56 and a common ground electrode 52, 54
One drive electrode 53, one detection electrode 55 disposed between the common ground electrodes 54 and 56, and a common ground electrode 56.
, And one detection electrode 57 arranged at a position substantially symmetrical with the detection electrode 55.

In this piezoelectric vibrator 100, the six band-shaped electrodes forming each electrode are equally divided into six in the circumferential direction of the columnar piezoelectric ceramics 51, and at the same time in the axial direction of the columnar piezoelectric ceramics 51. Since they are arranged in the same length, the polarization state becomes uniform when polarization is applied.
That is, in the piezoelectric vibrator 100, the sound velocity becomes uniform due to the uniform polarization state, and the resonance frequency in the driving direction and the resonance frequency in the detection direction become substantially the same.

[0007]

The above-described piezoelectric vibrator has a configuration in which the polarization state is theoretically uniform and the speed of sound is uniform.

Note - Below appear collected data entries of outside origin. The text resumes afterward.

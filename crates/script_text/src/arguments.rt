//! What the arguments of a command spell.

ghost use Rattle.std.specs.Prelude.{◌≡◌, ◌/◌, ◌%◌, IsTrue, false, nat_lt, [], ◌∷◌, ◌++◌, length, map, IfOk, IfErr, OnOk, MatchResult, Some, None};
ghost use Rattle.std.specs.Char.{is_ascii_digit};
ghost use Rattle.std.specs.List.{list_all, list_any, slice_split};
ghost use Rattle.std.specs.Str.Parse.{digits_value};
ghost use Rattle.script_text.specs.Arguments.{Reads, hex_of, hexes_of, is_bar, text_of, is_label_byte, is_label, label_of, lone_label_of, is_number, number_of, mask_of, length_of, names_of, backlog_of};
ghost use Rattle.script_text.specs.InSegments.{digits_of, in_segments, spelled_in, are_sizes};
ghost use Rattle.script_text.specs.declared.arguments.ReadError.TheVariants.{Malformed, NoMemory};

use crate::hexadecimal::{are_pairs, write_bytes};
use crate::texts::Texts;
use kc_base::Bytes;
use memchr::memchr;
use sg_walk::Segs;
use std::alloc::{AllocError, AllocFailed, Global};
use thiserror::Error;

/// The most parts that a text has.
const MOST_PARTS: usize = 16;

/// Why no command was read.
#[derive(Clone, Copy, Debug, PartialEq, Eq, Error)]
pub enum ReadError {
    /// The line is no command of the language.
    #[error("malformed")]
    Malformed,
    /// Memory is wanting for what the line spells.
    #[error("out of memory")]
    NoMemory,
}

impl From<AllocError> for ReadError {
    ghost from_gives = { λ _ e. e ≡ NoMemory };

    fn from(_: AllocError) -> Self {
        ReadError::NoMemory
    }
}

impl<T: Drop> From<AllocFailed<T>> for ReadError {
    ghost from_gives = { λ _ e. e ≡ NoMemory };

    fn from(_: AllocFailed<T>) -> Self {
        ReadError::NoMemory
    }
}

// The digits of a part: none of `-`.
fn digits_of(part: &[u8]) -> &[u8]
    ensures { result.now ≡ digits_of part.now }
{
    if part == b"-".as_slice() {
        return &part[..0];
    }
    part
}

/// The bytes that a token spells in hexadecimal digits.
pub fn hex_bytes(alloc: Global, token: &[u8]) -> Result<Bytes, ReadError>
    ensures { Reads result (hex_of token.now) }
{
    let digits = digits_of(token);
    if !are_pairs(digits) {
        return Err(ReadError::Malformed);
    }
    let mut bytes = Vec::new(alloc);
    bytes.resize(digits.len() / 2, 0)?;
    write_bytes(digits, &mut bytes);
    Ok(Bytes::from_vec(bytes))
}

// The digits of a text's parts, one part behind the other, and how many bytes each part spells.
#[derive(Drop)]
struct Parts {
    digits: Vec<u8>,
    sizes: Vec<usize>,
}

// Adds a part's digits, and how many bytes they spell. Malformed where they are odd in number.
fn append_part(parts: &mut Parts, part: &[u8]) -> Result<(), ReadError>
    ensures digits { OnOk result (parts.new.digits.items ≡ parts.old.digits.items ++ digits_of part.now) }
    ensures sizes { OnOk result (parts.new.sizes.items ≡ parts.old.sizes.items ++ length (digits_of part.now) / 2 ∷ []) }
    ensures even { OnOk result (length (digits_of part.now) % 2 ≡ 0) }
    ensures odd { IfErr result (λ error. error ≡ Malformed → length (digits_of part.now) % 2 ≡ 1) }
{
    let digits = digits_of(part);
    if digits.len() % 2 == 1 {
        return Err(ReadError::Malformed);
    }
    parts.digits.extend_from_slice(digits)?;
    parts.sizes.push(digits.len() / 2)?;
    Ok(())
}

// What stands between bars. All parts are decoded together, since that costs less than one by one.
fn parts_of(alloc: Global, token: &[u8]) -> Result<Parts, ReadError>
    ensures { MatchResult result
        (λ read. in_segments (hexes_of (slice_split is_bar token.now)) ≡ spelled_in read.sizes.items (hex_of read.digits.items))
        (λ error. error ≡ Malformed → hexes_of (slice_split is_bar token.now) ≡ None) }
{
    let mut parts = Parts {
        digits: Vec::with_capacity(alloc, token.len())?,
        sizes: Vec::with_capacity(alloc, MOST_PARTS)?,
    };
    let mut left = token;
    while let Some(end) = memchr(b'|', left) {
        append_part(&mut parts, &left[..end])?;
        left = &left[end + 1..];
    }
    append_part(&mut parts, left)?;
    Ok(parts)
}

fn are_filled(sizes: &[usize]) -> bool
    ensures { result ≡ list_all (λ size. nat_lt 0 size) sizes.now }
{
    sizes.iter().all(|size| *size > 0)
}

fn are_sizes(sizes: &[usize]) -> bool
    ensures { result ≡ are_sizes sizes.now }
{
    sizes.len() == 1 || sizes.len() <= MOST_PARTS && are_filled(sizes)
}

fn has_bar(token: &[u8]) -> bool
    ensures { result ≡ list_any is_bar token.now }
{
    memchr(b'|', token).is_some()
}

// The text of a token without bars.
fn one_segment(alloc: Global, token: &[u8]) -> Result<Segs, ReadError>
    requires { list_any is_bar token.now ≡ false }
    ensures { Reads result (text_of token.now) }
{
    let bytes = hex_bytes(alloc, token)?;
    let mut parts = Vec::with_capacity(alloc, 1)?;
    parts.push(bytes)?;
    Ok(Segs::from_parts(parts))
}

/// The text that a token spells in one part or several, each of which is a segment. Several are read into one piece of
/// memory.
pub fn segments(alloc: Global, token: &[u8]) -> Result<Segs, ReadError>
    ensures { Reads result (text_of token.now) }
{
    if !has_bar(token) {
        return one_segment(alloc, token);
    }
    let Parts { digits, sizes } = parts_of(alloc, token)?;
    if !are_sizes(&sizes) {
        return Err(ReadError::Malformed);
    }
    let bytes = hex_bytes(alloc, &digits)?;
    Ok(Segs::cut_from(alloc, bytes, sizes)?)
}

fn is_label_byte(byte: u8) -> bool
    ensures { result ≡ is_label_byte byte }
{
    byte.is_ascii_alphanumeric() || byte == b'-' || byte == b'_'
}

fn are_label_bytes(token: &[u8]) -> bool
    ensures { result ≡ list_all is_label_byte token.now }
{
    token.iter().all(|b| is_label_byte(*b))
}

fn is_label(token: &[u8]) -> bool
    ensures { result ≡ is_label token.now }
{
    !token.is_empty() && token.len() <= 32 && are_label_bytes(token)
}

/// A label.
pub fn label(alloc: Global, token: &[u8]) -> Result<Bytes, ReadError>
    ensures { Reads result (label_of token.now) }
{
    if !is_label(token) {
        return Err(ReadError::Malformed);
    }
    Ok(Bytes::copy_of(alloc, token)?)
}

/// A label, where nothing else stands there.
pub fn lone_label(alloc: Global, args: &[&[u8]]) -> Result<Bytes, ReadError>
    ensures { Reads result (lone_label_of (map (λ token. token.now) args.now)) }
{
    let [token] = args else {
        return Err(ReadError::Malformed);
    };
    label(alloc, token)
}

fn are_digits(token: &[u8]) -> bool
    ensures { result ≡ list_all is_ascii_digit token.now }
{
    token.iter().all(|b| b.is_ascii_digit())
}

fn is_number(token: &[u8]) -> bool
    ensures { result ≡ is_number token.now }
{
    !token.is_empty() && token.len() <= 9 && are_digits(token)
}

// The number that these digits write.
fn digits_value(digits: &[u8]) -> u32
    requires { IsTrue (is_number digits.now) }
    ensures { result ≡ digits_value 10 digits.now }
{
    let mut value = 0u32;
    for digit in digits {
        value = value * 10 + u32::from(*digit - b'0');
    }
    value
}

/// A number.
pub fn number(token: &[u8]) -> Result<u32, ReadError>
    ensures { Reads result (number_of token.now) }
{
    if !is_number(token) {
        return Err(ReadError::Malformed);
    }
    Ok(digits_value(token))
}

/// A number, or nothing.
pub fn optional_number(args: &[&[u8]]) -> Result<Option<u32>, ReadError>
    ensures { Reads result (length_of (map (λ token. token.now) args.now)) }
{
    match args {
        [] => Ok(None),
        [token] => Ok(Some(number(token)?)),
        _ => Err(ReadError::Malformed),
    }
}

// Copies of these texts.
fn copies(alloc: Global, texts: &[&[u8]]) -> Result<Texts, AllocError>
    ensures { IfOk result (λ copies. copies ≡ map (λ text. text.now) texts.now) }
{
    let mut copies = Texts::new(alloc);
    for text in texts {
        copies.push(Bytes::copy_of(alloc, text)?)?;
    }
    Ok(copies)
}

/// 1 to 16 names, where nothing else stands there.
pub fn names(alloc: Global, args: &[&[u8]]) -> Result<Texts, ReadError>
    ensures { Reads result (names_of (map (λ token. token.now) args.now)) }
{
    if args.is_empty() || args.len() > 16 {
        return Err(ReadError::Malformed);
    }
    Ok(copies(alloc, args)?)
}

/// Whether the word `backlog` stands there, where nothing else does.
pub fn backlog(args: &[&[u8]]) -> Result<bool, ReadError>
    ensures { Reads result (backlog_of (map (λ token. token.now) args.now)) }
{
    match args {
        [] => Ok(false),
        [word] if *word == b"backlog".as_slice() => Ok(true),
        _ => Err(ReadError::Malformed),
    }
}

/// The number that four hexadecimal digits spell.
pub fn mask(alloc: Global, token: &[u8]) -> Result<u16, ReadError>
    ensures { Reads result (mask_of token.now) }
{
    if token.len() != 4 {
        return Err(ReadError::Malformed);
    }
    let bytes = hex_bytes(alloc, token)?;
    let [high, low] = bytes.as_slice() else {
        return Err(ReadError::Malformed);
    };
    Ok(u16::from(*high) * 256 + u16::from(*low))
}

However, in actuality, a cylindrical piezoelectric ceramic material or an electrode pattern is used. In addition to the variations in the accuracy of the shape and the dimensions, or the variations in the polarization state, etc., the sound velocity becomes slightly non-uniform.
There is a difference between the resonance frequency in the driving direction and the resonance frequency in the detection direction, which should be the same. In such a case, when the piezoelectric vibrator is excited, an axial displacement occurs in the vibration direction (however, conversely, the difference between the resonance frequency in the X direction which is the driving direction and the resonance frequency in the Y direction which is the detection direction is about 50 Hz or more. If it does, axial displacement will not occur and good characteristics as a piezoelectric vibrator will be obtained), and the output and phase of the two detection outputs will differ even in a stationary state.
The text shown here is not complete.